> _ABOUT THIS TASK_: Isolate every line in the records below with "delivering" in it.

THE DATA below:

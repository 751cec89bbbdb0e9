// The desk's functions over bytes and numbers, for a program in another language to hold them against its own. Any directory can be
// handed in, sound or not, and lists of any length.
#![tactic(auto)]

pub mod boundary; // boundary.rt: the calls, and their answers as numbers
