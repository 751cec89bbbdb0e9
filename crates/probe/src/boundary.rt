// The calls, told by the byte of the command in the stream, with the bytes of its operands. An answer is a number: 256 for each kind before it,
// and what it carries, at most 255. Counts and rows that do not stand for a directory are answered 1280, before all else; then come 1 and 2, by the
// byte and its operands, and then what the desk's call answers. On a refusal everything lent is as it was.
ghost use Rattle.std.specs.Prelude.{◌≡◌, true, [], length, ◌+◌, ◌<◌};
ghost use Rattle.std.proofs.Math.Option.{some};
ghost use Rattle.rules.specs.declared.answer.Answer.TheVariants.{Refused};
ghost use Rattle.rules.specs.Numbers.{number};
ghost use Rattle.rules.specs.Calls.{desk};
ghost use Rattle.rules.specs.Stream.{width_of, call_of, transcript, Printed};
ghost use Rattle.rules.specs.Outcomes.{holding, settlement_on, derivation_on, blanks, reply_of};
ghost use Rattle.wire.specs.Operands.{halves_in, day_in};
ghost use Rattle.layout.specs.Layout.{steps_put};
ghost use Rattle.codes.specs.Codes.{code_of};
ghost use Rattle.codes.specs.Read.{is_entry, is_move};
ghost use Rattle.probe.specs.Exports.{is_settlement, is_derivation, entered_by};
ghost use Rattle.probe.specs.Exports.{Enters, Moves, Settles, Derives, TotalsUnits, TotalsCents};

use codes::{accepted, code_of, is_entry, is_move, read_refusal, width};
use layout::{COUNTS, ROWS, STEP_WIDTH, read_directory, write_counts, write_rows, write_steps};
use rules::{Answer, Directory, Entered, Refusal, Reply};
use wire::commands::Command;
use wire::operands;

// Counts, rows or the place of a sum do not fit.
const MISFIT: u64 = 1280;

// A sum is given.
const SUM: u64 = 1024;

fn refused(refusal: Refusal) -> u64
    ensures { result ≡ code_of (Refused (number refusal)) }
{
    code_of(Answer::Refused(u8::from(refusal)))
}

// The bytes that are asked for, as C hands them in.
const ENTER_CSD: u8 = Command::EnterCsd as u8;

const ENTER_SECURITY: u8 = Command::EnterSecurity as u8;

const ENTER_ACCOUNT: u8 = Command::EnterAccount as u8;

const ENTER_PAIR: u8 = Command::EnterPair as u8;

const BRING_IN: u8 = Command::BringIn as u8;

const TAKE_OUT: u8 = Command::TakeOut as u8;

const PAY_IN: u8 = Command::PayIn as u8;

// ---- 01 to 03, 05 and 0E

fn entry(directory: Directory, tag: u8, operands: &[u8]) -> Entered
    requires { (is_entry tag ≡ true) × (width_of tag ≡ some (length operands.now)) }
    ensures { result ≡ entered_by (desk (call_of tag operands.now) (holding directory [] [])) }
{
    if tag == ENTER_CSD {
        return desk::enter_csd(directory, operands::decode_csd(operands));
    }
    if tag == ENTER_SECURITY {
        return desk::enter_security(directory, operands::decode_security(operands));
    }
    if tag == ENTER_ACCOUNT {
        return desk::enter_account(directory, operands::decode_account(operands));
    }
    if tag == ENTER_PAIR {
        return desk::enter_pair(directory, operands::decode_pair(operands));
    }
    desk::enter_link(directory, operands::decode_link(operands))
}

// An accepted entry makes the counts and rows those of the directory after it.
#[unsafe(no_mangle)]
pub extern "C" fn fluzzam_enter(counts: &mut [usize], rows: &mut [u8], tag: u8, bytes: &[u8]) -> u64
    ensures { Enters counts.old rows.old tag bytes.now result counts.new rows.new }
{
    if counts.len() != COUNTS {
        return MISFIT;
    }
    if rows.len() != ROWS {
        return MISFIT;
    }
    if let Err(refusal) = read_refusal(is_entry(tag), tag, bytes) {
        return refused(refusal);
    }
    let end = width(tag);
    let directory = read_directory(counts, rows);
    let entered = entry(directory, tag, &bytes[..end]);
    let answer = entered.answer;
    if !accepted(answer) {
        return code_of(answer);
    }
    write_counts(counts, entered.directory);
    write_rows(rows, entered.directory);
    code_of(answer)
}

// ---- 06 to 09

fn movement(
    directory: Directory,
    positions: &mut [i64],
    cash: &mut [i64],
    tag: u8,
    operands: &[u8],
) -> Answer
    requires { is_move tag ≡ true }
    ensures { (result ≡ (desk (call_of tag operands.now) (holding directory positions.old cash.old)).answer)
        × (positions.new ≡ (desk (call_of tag operands.now) (holding directory positions.old cash.old)).store.positions)
        × (cash.new ≡ (desk (call_of tag operands.now) (holding directory positions.old cash.old)).store.cash) }
{
    if tag == BRING_IN {
        let x = operands::decode_move(operands);
        return desk::bring_in(
            directory, positions, x.account, x.security, x.quantity, x.day,
        );
    }
    if tag == TAKE_OUT {
        let x = operands::decode_move(operands);
        return desk::take_out(
            directory, positions, x.account, x.security, x.quantity, x.day,
        );
    }
    let x = operands::decode_payment(operands);
    if tag == PAY_IN {
        return desk::pay_in(directory, cash, x.account, x.amount);
    }
    desk::pay_out(directory, cash, x.account, x.amount)
}

#[unsafe(no_mangle)]
pub extern "C" fn fluzzam_move(
    counts: &[usize],
    rows: &[u8],
    positions: &mut [i64],
    cash: &mut [i64],
    tag: u8,
    bytes: &[u8],
) -> u64
    ensures { Moves counts.now rows.now positions.old cash.old tag bytes.now
        result positions.new cash.new }
{
    if counts.len() != COUNTS {
        return MISFIT;
    }
    if rows.len() != ROWS {
        return MISFIT;
    }
    if let Err(refusal) = read_refusal(is_move(tag), tag, bytes) {
        return refused(refusal);
    }
    let end = width(tag);
    let directory = read_directory(counts, rows);
    code_of(movement(directory, positions, cash, tag, &bytes[..end]))
}

// ---- 0A to 0D

// Two halves booked on their day, delivering first or with their sides, as the byte has them.
fn settled(
    directory: Directory,
    positions: &mut [i64],
    cash: &mut [i64],
    lent: usize,
    tag: u8,
    operands: &[u8],
) -> Reply
    ensures { (result ≡ reply_of (settlement_on directory positions.old cash.old (blanks lent) (halves_in tag operands.now)
        (day_in tag operands.now)))
        × (positions.new
        ≡ (settlement_on directory positions.old cash.old (blanks lent) (halves_in tag operands.now)
        (day_in tag operands.now)).store.positions)
        × (cash.new
        ≡ (settlement_on directory positions.old cash.old (blanks lent) (halves_in tag operands.now)
        (day_in tag operands.now)).store.cash) }
{
    if tag < 12 {
        let delivering = operands::decode_delivering(operands);
        let receiving = operands::decode_receiving(operands);
        let day = operands::decode_day(operands);
        return desk::settle_reply(directory, positions, cash, lent, delivering, receiving, day);
    }
    let first = operands::decode_first(operands);
    let second = operands::decode_second(operands);
    let day = operands::decode_sided_day(operands);
    desk::settle_sided_reply(directory, positions, cash, lent, first, second, day)
}

// Their chain only.
fn derived(directory: Directory, lent: usize, tag: u8, operands: &[u8]) -> Reply
    ensures { result ≡ reply_of (derivation_on directory (blanks lent) (halves_in tag operands.now) (day_in tag operands.now)) }
{
    if tag < 12 {
        let delivering = operands::decode_delivering(operands);
        let receiving = operands::decode_receiving(operands);
        let day = operands::decode_day(operands);
        return desk::derive_reply(directory, lent, delivering, receiving, day);
    }
    let first = operands::decode_first(operands);
    let second = operands::decode_second(operands);
    let day = operands::decode_sided_day(operands);
    desk::derive_sided_reply(directory, lent, first, second, day)
}

fn replied(steps: &mut [u8], reply: Reply) -> u64
    ensures { (result ≡ code_of reply.answer) × (steps.new ≡ steps_put reply.steps steps.old) }
{
    write_steps(steps, reply.steps);
    let answer = reply.answer;
    code_of(answer)
}

// A step is lent for each five bytes of `steps`; the K steps of the chain go to its front.
fn settle(
    counts: &[usize],
    rows: &[u8],
    positions: &mut [i64],
    cash: &mut [i64],
    tag: u8,
    bytes: &[u8],
    steps: &mut [u8],
) -> u64
    requires { is_settlement tag ≡ true }
    ensures { Settles tag counts.now rows.now positions.old cash.old bytes.now
        steps.old result positions.new cash.new steps.new }
{
    if counts.len() != COUNTS {
        return MISFIT;
    }
    if rows.len() != ROWS {
        return MISFIT;
    }
    let end = width(tag);
    if bytes.len() < end {
        return refused(Refusal::CutShort);
    }
    let directory = read_directory(counts, rows);
    let lent = steps.len() / STEP_WIDTH;
    let reply = settled(directory, positions, cash, lent, tag, &bytes[..end]);
    replied(steps, reply)
}

// Likewise.
fn derive(counts: &[usize], rows: &[u8], tag: u8, bytes: &[u8], steps: &mut [u8]) -> u64
    requires { is_derivation tag ≡ true }
    ensures { Derives tag counts.now rows.now bytes.now steps.old result steps.new }
{
    if counts.len() != COUNTS {
        return MISFIT;
    }
    if rows.len() != ROWS {
        return MISFIT;
    }
    let end = width(tag);
    if bytes.len() < end {
        return refused(Refusal::CutShort);
    }
    let directory = read_directory(counts, rows);
    let lent = steps.len() / STEP_WIDTH;
    let reply = derived(directory, lent, tag, &bytes[..end]);
    replied(steps, reply)
}

// 0A.
#[unsafe(no_mangle)]
pub extern "C" fn fluzzam_settle(
    counts: &[usize],
    rows: &[u8],
    positions: &mut [i64],
    cash: &mut [i64],
    bytes: &[u8],
    steps: &mut [u8],
) -> u64
    ensures { Settles 10 counts.now rows.now positions.old cash.old bytes.now
        steps.old result positions.new cash.new steps.new }
{
    settle(counts, rows, positions, cash, 10, bytes, steps)
}

// 0C.
#[unsafe(no_mangle)]
pub extern "C" fn fluzzam_settle_sided(
    counts: &[usize],
    rows: &[u8],
    positions: &mut [i64],
    cash: &mut [i64],
    bytes: &[u8],
    steps: &mut [u8],
) -> u64
    ensures { Settles 12 counts.now rows.now positions.old cash.old bytes.now
        steps.old result positions.new cash.new steps.new }
{
    settle(counts, rows, positions, cash, 12, bytes, steps)
}

// 0B.
#[unsafe(no_mangle)]
pub extern "C" fn fluzzam_derive(
    counts: &[usize],
    rows: &[u8],
    bytes: &[u8],
    steps: &mut [u8],
) -> u64
    ensures { Derives 11 counts.now rows.now bytes.now steps.old result steps.new }
{
    derive(counts, rows, 11, bytes, steps)
}

// 0D.
#[unsafe(no_mangle)]
pub extern "C" fn fluzzam_derive_sided(
    counts: &[usize],
    rows: &[u8],
    bytes: &[u8],
    steps: &mut [u8],
) -> u64
    ensures { Derives 13 counts.now rows.now bytes.now steps.old result steps.new }
{
    derive(counts, rows, 13, bytes, steps)
}

// ---- the totals and the program

// The total of a security: 1024 with the sum in `sum`, or the refusal.
#[unsafe(no_mangle)]
pub extern "C" fn fluzzam_security_total(
    counts: &[usize],
    rows: &[u8],
    positions: &[i64],
    security: u8,
    sum: &mut [i64],
) -> u64
    ensures { TotalsUnits counts.now rows.now positions.now security sum.old result sum.new }
{
    if counts.len() != COUNTS {
        return MISFIT;
    }
    if rows.len() != ROWS {
        return MISFIT;
    }
    if sum.len() == 0 {
        return MISFIT;
    }
    let directory = read_directory(counts, rows);
    match desk::security_total(directory, positions, security) {
        Ok(total) => {
            sum[0] = total.0;
            SUM
        }
        Err(refusal) => refused(refusal),
    }
}

// The total of cash, likewise.
#[unsafe(no_mangle)]
pub extern "C" fn fluzzam_cash_total(cash: &[i64], sum: &mut [i64]) -> u64
    ensures { TotalsCents cash.now sum.old result sum.new }
{
    if sum.len() == 0 {
        return MISFIT;
    }
    match desk::cash_total(cash) {
        Ok(total) => {
            sum[0] = total.0;
            SUM
        }
        Err(refusal) => refused(refusal),
    }
}

// The program: the whole text of an input to the front of `output`, whose other bytes stay, and its length; 0 where `output` has not room for every text.
#[unsafe(no_mangle)]
pub extern "C" fn fluzzam_run(input: &[u8], output: &mut [u8]) -> usize
    ensures { Printed (transcript input.now) output.old output.new result }
{
    stream::run(input, output)
}
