//! A budget of ticks.

ghost use Rattle.std.specs.Prelude.{◌≡◌, ◌+◌, MatchBool};

use lq_terms::{Steps, Ticks};
use std::sync::ledger::Ledger;

/// Takes a tick, if one is left.
pub fn taken<L: Ledger>(ticks: &mut Ticks, steps: &mut Steps<L>) -> bool
    ensures taken { MatchBool result (ticks.old.left ≡ ticks.new.left + 1) (ticks.old.left ≡ 0) }
    ensures left { ticks.new.left + ticks.new.spent ≡ ticks.old.left + ticks.old.spent }
    ensures counted { steps.new + ticks.old.spent ≡ steps.old + ticks.new.spent }
    ensures none { MatchBool result (ticks.new.spent ≡ ticks.old.spent + 1) (ticks.new.spent ≡ ticks.old.spent) }
{
    ticks.take(steps)
}
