//! The calls of the bank of terms once more, each with its clauses: what an edit turns here is refused by the clauses alone.
#![tactic(auto)]

mod bank;
mod changes;
mod ticks;

pub use bank::{
    copied, fits_limits, has_hypothesis, has_unknown, imported, is_same, loose_variables, made,
    named, undo_bank,
};
pub use changes::{lifted, not_taken, substituted};
pub use ticks::taken;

End of THE DATA.

> _YOUR SOLUTION_:
// Two halves booked on their day, delivering first or with their sides, as the byte has them.
        let delivering = operands::decode_delivering(operands);
        return desk::settle_reply(directory, positions, cash, lent, delivering, receiving, day);
        let delivering = operands::decode_delivering(operands);
        return desk::derive_reply(directory, lent, delivering, receiving, day);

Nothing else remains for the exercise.